Belakangan ini yang menjadi headline di beberapa surat kabar dan media internet misalnya situs resmi Direktorat Jenderal Pajak adalah cekcok antara pemerintah dan para pengusaha batubara yang berujung pada adanya pencekalan atas direksi beberapa perusahaan batubara atas permintaan Direktur Jenderal Kekayaan Negara. Pangkal masalahnya adalah penolakan kontraktor batubara untuk membayar kewajiban royaltinya dengan alasan mereka juga mempunyai tagihan kepada pemerintah berupa kelebihan pembayaran pajak. Untuk lebih memahami masalah ini saya mencoba untuk mengurai "kemungkinan" yang menjadi pokok permasalahan sebenarnya.


1. Bahwa antara kewajiban membayar royalti dan pengembalian kelebihan pembayaran pajak (restitusi) adalah 2 hal yang sangat berbeda, dengan demikian prosesnya pun berbeda. Bahwa untuk restitusi PPN, sebelum diadakan pengembalian kelebihan pembayaran pajak terlebih dahulu para pengusaha tersebut harus membuat permohonan restitusi ke DJP untuk selanjutnya akan dilakukan pemeriksaan untuk meneliti kebenaran material atas jumlah restitusi yang diminta. Jika benar maka dalam jangka waktu tertentu DJP akan mengeluarkan restitusi tersebut. Sedangkan kewajiban pembayaran royalti adalah sudah merupakan keharusan yang harus dipenuhi oleh para pengusaha batubara yang terutang pada saat batubara tersebut berada di atas kapal (FOB) atau pada saat terjual (at sale point) sebagaimana yang tercantum dalam Perjanjian Karya Pengusahaan Pertambangan Batubara (PKP2B) yang besarnya sudah menjadi pasti pada saat salah satu dari kedua even di atas terjadi.
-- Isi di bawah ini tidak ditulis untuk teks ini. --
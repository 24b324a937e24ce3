//! The cube: its cubies, its map of the 54 sticker places, its coordinates, the tables that turn coordinates, and the steps
//! of solving. In crates.txt: `app: niss_cube niss_moves`.
//!
//! The cube of a line is that of its face turns, once its rotations were pushed to the end:
//!
//! ```
//! use niss_cube::{Axis, Cube, Rotation};
//! use niss_moves::{read, to_faces, unniss};
//!
//! let line = read(bytes)?;                              // of b"x U"
//! let (turns, _rotation) = to_faces(&unniss(&line));    // F, and the rotation x
//! let mut cube = Cube::solved();
//! cube.apply(&turns);
//! let text = cube.facelets(Rotation::IDENTITY);         // UUUUUULLLURRURRURRFFFFFFFFFRRRDDDDDDLLDLLDLLDBBBBBBBBB
//! let number = cube.flip(Axis::Fb);                     // 550: the turn flips four edges with respect to F and B
//! ```
//!
//! The coordinate after a turn follows from the coordinate alone, so a table gives it without a cube. A step asks whether its
//! coordinates are 0:
//!
//! ```
//! use niss_cube::{Axis, Face, Power, Step, Turn, TurnTables};
//!
//! let tables = TurnTables::build(alloc)?;
//! let same = tables.next_flip(Axis::Fb, 0, front);      // 550 again, for the turn F
//! let reached = Step::Eofb.reached(&cube);              // false
//! let may_start = Step::DrudEofb.may_start(&cube);      // false: its edges aren't oriented
//! ```
//!
//! A contract names a cube by `map_of`: where each sticker place's sticker stands, by the geometry of `niss_moves`. A
//! coordinate is 0 exactly if the map keeps a set of places, and its rank after a turn follows from the rank alone:
//! the functions of `laws` state this. A step of solving may start, and is reached, if the map keeps its sets of places.
#![tactic(auto)]

mod cube;
mod cubie_turns;
mod facelet_text;
pub mod laws;
mod out_of_memory;
mod step;
mod turn_tables;

pub use cube::Cube;
pub use cube::coordinate::Coordinate;
pub use niss_moves::{Axis, Face, Power, Rotation, Turn};
pub use out_of_memory::OutOfMemory;
pub use step::{Goal, Step};
pub use turn_tables::TurnTables;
2. bahwa berdasarkan PP144 tahun 2000, batubara yang sebelum diproses menjadi briket batubara adalah bukan barang kena pajak. Akibatnya, bahwa pajak masukan yang berkaitan dengan penambangan batubara tersebut sampai batubara tersebut dijual tidak dapat dikreditkan. Artinya lagi, kalau memang pajak masukannya tidak dapat dikreditkan, berarti tidak akan ada kelebihan pembayaran pajak (restitusi). Namun begitu, harus juga dilihat Perjanjian Karya Pengusahaan Pertambangan Batubara (PKP2B) yang telah mendapatkan persetujuan DPR dan Presdien, yang intinya menyebutkan bahwa pengenaan pajak sehubungan dengan PKP2B ini adalah menegikuti ketentuan umum perpajakan yang berlaku secara umum kecuali yang diatur secara khusus dalam PKP2B. Jadi seolah-olah memang kedudukan PKP2B ini kedudukannya lebih tinggi dibanding UU Perpajakan yang berkaitan. Akibatnya ada dua hal: a) Apabila dalam PKP2B dinyatakan secara tegas bahwa atas penyerahan batubara oleh kontraktor PKP2B tersebut dikenakan PPN, maka atas penyerahan batubara oleh kontraktor PKP2B itu tergolong penyerahan BKP sehingga kontraktor PKP2B tersebut wajib memungut PPN dan sekaligus berhak mengkreditkan Pajak Masukannya. Kalau pajak masukan yang dikreditkan lebih besar dibanding PPN yang dipungut maka kontraktor tersebut berhak atas pengembalian kelebihan pembayaran PPN atau restitusi tapi tentu saja harus melalui proses pemeriksaan terlebih dahulu. b) Namun apabila dalam PKP2B tidak menyebutkan secara tegas bahwa atas penyerahan batubara oleh kontraktor PKP2B dikenakan PPN, maka ketentuan mengenai apakah batubara merupakan BKP atau tidak harus mengikuti ketentuan perpajakan. Berdasarkan PP 144 tahun 2000, menyebutkan bahwa batubara termasuk barang yang tidak dikenakan PPN, akibatnya seperti yang dijelaskan di atas bahwa pajak masukan yang berkaitan dengan usaha batubara ini tidak dapat dikreditkan.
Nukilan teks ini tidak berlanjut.